Saved entries:
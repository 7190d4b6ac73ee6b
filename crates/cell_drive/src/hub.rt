//! Several cells, in the order of their numbers, that are driven by the lines of one input.

ghost use Rattle.std.specs.Prelude.{◌≡◌, ◌≤◌, ◌↔◌, [], ◌∷◌, ◌++◌, vec_len, length, Err, Some, IfOk, IsTrue, MatchOption, OnOk};
ghost use Rattle.byte_streams.specs.{declared.rooms.TheConstants.MAX_PIECE, Streams.IsStreamed};
ghost use Rattle.byte_streams.specs.Lent.{WroteTo, WroteOneTo, streams_of};
ghost use Rattle.plan_verifier.specs.Accepted.{IsVerified};
ghost use Rattle.cell_hub.specs.{declared.slots.Ticket.Ticket, Hub.cell_at, Calls.IsAdmitted, Calls.IsPossibleAt};
ghost use Rattle.cell_drive.specs.Protocols.{plain_from};
ghost use Rattle.cell_drive.specs.ManyCells.{AreAllDone, AreVerified, hub_start};
ghost use Rattle.cell_drive.specs.ProtocolCells.{AreDrivesIn, AsksCell, AsksNoCell, HubAnswer, HubCloses, HubOfCells};
ghost use Rattle.cell_drive.specs.{declared.replies.TheConstants.MAX_PREFIX, Numbers.closing_text};
ghost use Rattle.cell_drive.specs.Tickets.{AnsweredByHub, AreSeatedInRun, HasCell, RepliesAt, Takes, cells_of};
ghost use Rattle.cell_drive.specs.Acceptances.{accepted_lines};
ghost use Rattle.cell_control.specs.Control.{IsControl};

use crate::protocol::Protocol;
use crate::replies::{put_closing, put_refused};
use crate::requests::{Acceptance, Written, consider, put_acceptance};
use byte_streams::{
    BufferedSink, DriveFault, LineHandler, Sink, Source, WriteFault, reading_room, stream,
};
use cell_control::{Dues, LeanController, LeanPlan, TourneyDues};
use cell_hub::{HubFault, HubOf, Ticket};
use cell_tables::Claim;
use event_lines::{Request, cell_prefix, cell_report_of, cell_request_of};
use plan_verifier::Verified;
use std::alloc::{AllocError, Global};
use std::marker::Model;

/// What several driven runs have come to at the end of their input.
#[derive(Clone, Copy, Debug, PartialEq, Eq)]
pub struct HubEnd {
    /// Whether the run of each cell has ended; true with no cells.
    pub all_done: bool,
}

/// A hub, the tickets of its cells in the order of their numbers, and the protocol by which their lines are read and
/// answered.
#[derive(Drop)]
struct HubSession<D: Dues> {
    protocol: Protocol,
    hub: HubOf<LeanPlan, D>,
    tickets: Vec<Ticket>,
}

impl<D: Dues> Model for HubSession<D> {
    ghost use Rattle.cell_drive.specs.ProtocolCells.{HubOfCells, hub_of};
    ghost use Rattle.cell_drive.specs.Tickets.{AreSeatedInRun, cells_of};

    ghost Value = { HubOfCells };

    ghost view = { λ s. hub_of s.protocol (cells_of s.hub s.tickets.items) };

    ghost invariant = { λ s. AreSeatedInRun s.hub s.tickets.items };
}

/// A hub with the cells of the plans before the first line, and their tickets in order.
fn begin<D: Dues>(
    alloc: Global,
    plans: Vec<LeanPlan>,
) -> Result<(HubOf<LeanPlan, D>, Vec<Ticket>), AllocError>
    ensures started { IfOk result (λ begun. cells_of begun.0 begun.1.items ≡ hub_start plans.items) }
    ensures verified { OnOk result (AreVerified plans.items) }
    ensures seated { IfOk result (λ begun. AreSeatedInRun begun.0 begun.1.items) }
{
    let mut hub = HubOf::new(alloc);
    let mut tickets = Vec::new(alloc);
    for plan in plans {
        seat(plan, &mut hub, &mut tickets)?;
    }
    Ok((hub, tickets))
}

/// Makes one more cell, behind these.
fn seat<D: Dues>(
    plan: LeanPlan,
    hub: &mut HubOf<LeanPlan, D>,
    tickets: &mut Vec<Ticket>,
) -> Result<(), AllocError>
    requires { hub.old.next_serial ≡ length tickets.old.items }
    ensures seated { OnOk result ((ticket : Ticket) × IsAdmitted hub.old plan ticket hub.new
        × (tickets.new.items ≡ tickets.old.items ++ ticket ∷ [])) }
    ensures verified { OnOk result (IsVerified plan) }
{
    // Called for its clause alone: the plan is an accepted one.
    let _plan = plan.shaped();
    if let Err(error) = tickets.reserve(1) {
        drop(plan);
        return Err(error);
    }
    match hub.admit_lean(plan) {
        Ok(ticket) => {
            tickets.push_reserved(ticket);
            Ok(())
        }
        Err(HubFault::Memory) => Err(AllocError),
        Err(_) => unreachable!(),
    }
}

/// What the line asks of a cell, and the number of that cell before it, if it asks for anything.
fn asked_of(version_2: bool, line: &[u8]) -> Option<(u32, Request)>
    ensures { MatchOption result (AsksNoCell version_2 line.now)
        (λ found. AsksCell version_2 line.now found.0 found.1) }
{
    if version_2 {
        return cell_request_of(line);
    }
    let (cell, report) = cell_report_of(line)?;
    Some((cell, Request::Claim(Claim::Report(report))))
}

/// The controller of the ticket's cell.
fn controller_of<D: Dues>(hub: &HubOf<LeanPlan, D>, ticket: Ticket) -> &LeanController<D>
    requires { HasCell hub.now ticket }
    ensures { cell_at hub.now ticket ≡ Some result.now }
{
    match hub.cell(ticket) {
        Some(controller) => controller,
        None => unreachable!(),
    }
}

/// Accepts what is to be accepted in the ticket's cell, and writes its lines.
#[inline(always)]
fn accept<D: Dues, W: Sink>(
    protocol: Protocol,
    prefix: &[u8],
    hub: &mut HubOf<LeanPlan, D>,
    ticket: Ticket,
    acceptance: Acceptance,
    writer: &mut W,
) -> Written
    requires possible { IsPossibleAt hub.old ticket acceptance.possible }
    requires prefix { length prefix.now ≤ MAX_PREFIX }
    ensures { (is : Takes hub.old ticket acceptance.possible.report hub.new) × IsControl is.1.after
        × WroteTo W.Sink result writer.old writer.new (accepted_lines protocol prefix.now is.1.after acceptance)
        × OnOk result (W.failed writer.new ≡ W.failed writer.old) }
{
    let Acceptance { possible, overdue } = acceptance;
    let (late, report) = (possible.is_late(), possible.report());
    hub.accept(ticket, possible);
    let controller = controller_of(hub, ticket);
    // Called for its clause alone: what holds of every such controller.
    let _plan = controller.shaped();
    put_acceptance(protocol, prefix, controller, report, late, overdue, writer)
}

/// Answers the request of the line of this number, in the ticket's cell.
fn reply_in<D: Dues, W: Sink>(
    protocol: Protocol,
    prefix: &[u8],
    hub: &mut HubOf<LeanPlan, D>,
    ticket: Ticket,
    number: u64,
    request: Request,
    writer: &mut W,
) -> Written
    requires there { HasCell hub.old ticket }
    requires prefix { length prefix.now ≤ MAX_PREFIX }
    ensures { WroteOneTo W.Sink result writer.old writer.new
        (RepliesAt protocol prefix.now hub.old ticket number request hub.new) }
{
    let controller = controller_of(hub, ticket);
    // Called for its clause alone: what holds of every such controller.
    let _plan = controller.shaped();
    match consider(protocol, prefix, number, controller, request, writer) {
        Ok(acceptance) => accept(protocol, prefix, hub, ticket, acceptance, writer),
        Err(written) => written,
    }
}

/// Answers a line. An empty one has no answer.
fn answer_line<D: Dues, W: Sink>(
    protocol: Protocol,
    hub: &mut HubOf<LeanPlan, D>,
    tickets: &[Ticket],
    number: u64,
    line: &[u8],
    writer: &mut W,
) -> Written
    requires { AreSeatedInRun hub.old tickets.now }
    ensures in_run { AreSeatedInRun hub.new tickets.now }
    ensures answered { WroteOneTo W.Sink result writer.old writer.new
        (AnsweredByHub protocol hub.old tickets.now number line.now hub.new) }
{
    if line.is_empty() {
        return Ok(());
    }
    let Some((cell, request)) = asked_of(protocol.version_2, line) else {
        return put_refused(number, b"BadLine", writer);
    };
    let place = cell as usize;
    if place >= tickets.len() {
        return put_refused(number, b"NoSuchCell", writer);
    }
    let prefix = cell_prefix(u64::from(cell));
    reply_in(
        protocol,
        prefix.bytes(),
        hub,
        tickets[place],
        number,
        request,
        writer,
    )
}

/// Writes the closing line of each cell.
fn put_closings<D: Dues, W: Sink>(
    hub: &HubOf<LeanPlan, D>,
    tickets: &[Ticket],
    writer: &mut W,
) -> Written
    requires { AreSeatedInRun hub.now tickets.now }
    ensures wrote { WroteTo W.Sink result writer.old writer.new (closing_text 0 (cells_of hub.now tickets.now)) }
    ensures unfailed { OnOk result (W.failed writer.new ≡ W.failed writer.old) }
{
    for cell in 0..tickets.len() {
        let prefix = cell_prefix(cell as u64);
        let controller = controller_of(hub, tickets[cell]);
        put_closing(prefix.bytes(), controller, writer)?;
    }
    Ok(())
}

/// Whether the run of each cell has ended.
fn all_done<D: Dues>(hub: &HubOf<LeanPlan, D>, tickets: &[Ticket]) -> bool
    requires { AreSeatedInRun hub.now tickets.now }
    ensures { IsTrue result ↔ AreAllDone (cells_of hub.now tickets.now) }
{
    for cell in 0..tickets.len() {
        if !controller_of(hub, tickets[cell]).is_done() {
            return false;
        }
    }
    true
}

impl<D: Dues> LineHandler for HubSession<D> {
    ghost use Rattle.cell_drive.specs.ProtocolCells.{HubAnswer, HubCloses};

    ghost answers = { HubAnswer };

    ghost closes = { HubCloses };

    fn answer<W: Sink>(
        &mut self,
        number: u64,
        line: Option<&[u8]>,
        writer: &mut W,
    ) -> Result<(), WriteFault> {
        match line {
            Some(line) => answer_line(
                self.protocol,
                &mut self.hub,
                &self.tickets,
                number,
                line,
                writer,
            ),
            None => put_refused(number, b"LongLine", writer),
        }
    }

    fn put_closing<W: Sink>(&self, writer: &mut W) -> Result<(), WriteFault> {
        put_closings(&self.hub, &self.tickets, writer)
    }
}

/// What the runs have come to.
fn end<D: Dues>(driven: HubSession<D>) -> HubEnd
    ensures { IsTrue result.all_done ↔ AreAllDone driven.cells }
{
    HubEnd {
        all_done: all_done(&driven.hub, &driven.tickets),
    }
}

/// Drives these cells to the end of their input, of which each piece is read into the room.
fn drive_cells<R: Source, W: BufferedSink>(
    driven: HubSession<TourneyDues>,
    room: Vec<u8>,
    reader: &mut R,
    writer: &mut W,
) -> Result<HubEnd, DriveFault>
    requires { vec_len room ≡ MAX_PIECE }
    ensures { (last : HubOfCells)
        × IsStreamed result MAX_PIECE HubAnswer HubCloses driven last
        (streams_of R.Source W.Sink W.pending reader.old writer.old)
        (streams_of R.Source W.Sink W.pending reader.new writer.new)
        × IfOk result (λ come_to. IsTrue come_to.all_done ↔ AreAllDone last.cells) }
{
    let (mut driven, mut room) = (driven, room);
    match stream(&mut driven, reader, &mut room, writer) {
        Ok(()) => Ok(end(driven)),
        Err(fault) => {
            drop(driven);
            Err(fault)
        }
    }
}

/// Drives a cell for each accepted plan, numbered from 0 in their order: takes a report on a cell from each line
/// of input, and writes the moves that it releases before the next line is answered.
///
/// Each cell is answered as by a controller alone that is given the reports on it, and so never goes wrong.
/// `Memory` is answered before the first byte is read. After a fault the plans are gone.
pub fn drive_hub<R: Source, W: BufferedSink>(
    alloc: Global,
    cells: Vec<Verified>,
    reader: &mut R,
    writer: &mut W,
) -> Result<HubEnd, DriveFault>
    ensures driven { AreDrivesIn (plain_from 0) cells.items (streams_of R.Source W.Sink W.pending reader.old writer.old)
        (streams_of R.Source W.Sink W.pending reader.new writer.new) result }
    ensures untouched { result ≡ Err DriveFault.Memory → (reader.new ≡ reader.old) × (writer.new ≡ writer.old) }
{
    let cells = lean_plans(alloc, cells)?;
    drive_hub_in(alloc, cells, Protocol::plain(), reader, writer)
}

/// The same plans, whose ranks and lengths are freed.
fn lean_plans(alloc: Global, plans: Vec<Verified>) -> Result<Vec<LeanPlan>, AllocError>
    ensures { IfOk result (λ lean. lean.items ≡ plans.items) }
{
    let mut lean = Vec::with_capacity(alloc, plans.len())?;
    for verified in plans {
        lean.push(LeanPlan::of(alloc, verified)?)
            .map_err(AllocError::from)?;
    }
    Ok(lean)
}

/// Drives a cell for each accepted plan, as [`drive_hub`] does, by this protocol.
///
/// Each cell reads and answers what a driven cell does by the protocol, after the cell's number; in version 2 of the
/// lines that stands before each refusal too by which a cell has answered. A leap counts from the last accepted report
/// of the same cell, or from `from` where that is later.
pub fn drive_hub_in<R: Source, W: BufferedSink>(
    alloc: Global,
    cells: Vec<LeanPlan>,
    protocol: Protocol,
    reader: &mut R,
    writer: &mut W,
) -> Result<HubEnd, DriveFault>
    ensures driven { AreDrivesIn protocol cells.items (streams_of R.Source W.Sink W.pending reader.old writer.old)
        (streams_of R.Source W.Sink W.pending reader.new writer.new) result }
    ensures untouched { result ≡ Err DriveFault.Memory → (reader.new ≡ reader.old) × (writer.new ≡ writer.old) }
{
    let room = match reading_room(alloc) {
        Ok(room) => room,
        Err(error) => {
            drop(cells);
            return Err(DriveFault::from(error));
        }
    };
    let begun: (HubOf<LeanPlan, TourneyDues>, Vec<Ticket>) = begin(alloc, cells)?;
    let (hub, tickets) = begun;
    let driven = HubSession {
        protocol,
        hub,
        tickets,
    };
    drive_cells(driven, room, reader, writer)
}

• **What is being asked**
Above are the entries. Quote exactly the lines from the one bearing "(λ begun. cells_of" through the one bearing "let mut hub = HubOf::new(alloc);".

• **Reply to the exercise**
    ensures started { IfOk result (λ begun. cells_of begun.0 begun.1.items ≡ hub_start plans.items) }
    ensures verified { OnOk result (AreVerified plans.items) }
    ensures seated { IfOk result (λ begun. AreSeatedInRun begun.0 begun.1.items) }
{
    let mut hub = HubOf::new(alloc);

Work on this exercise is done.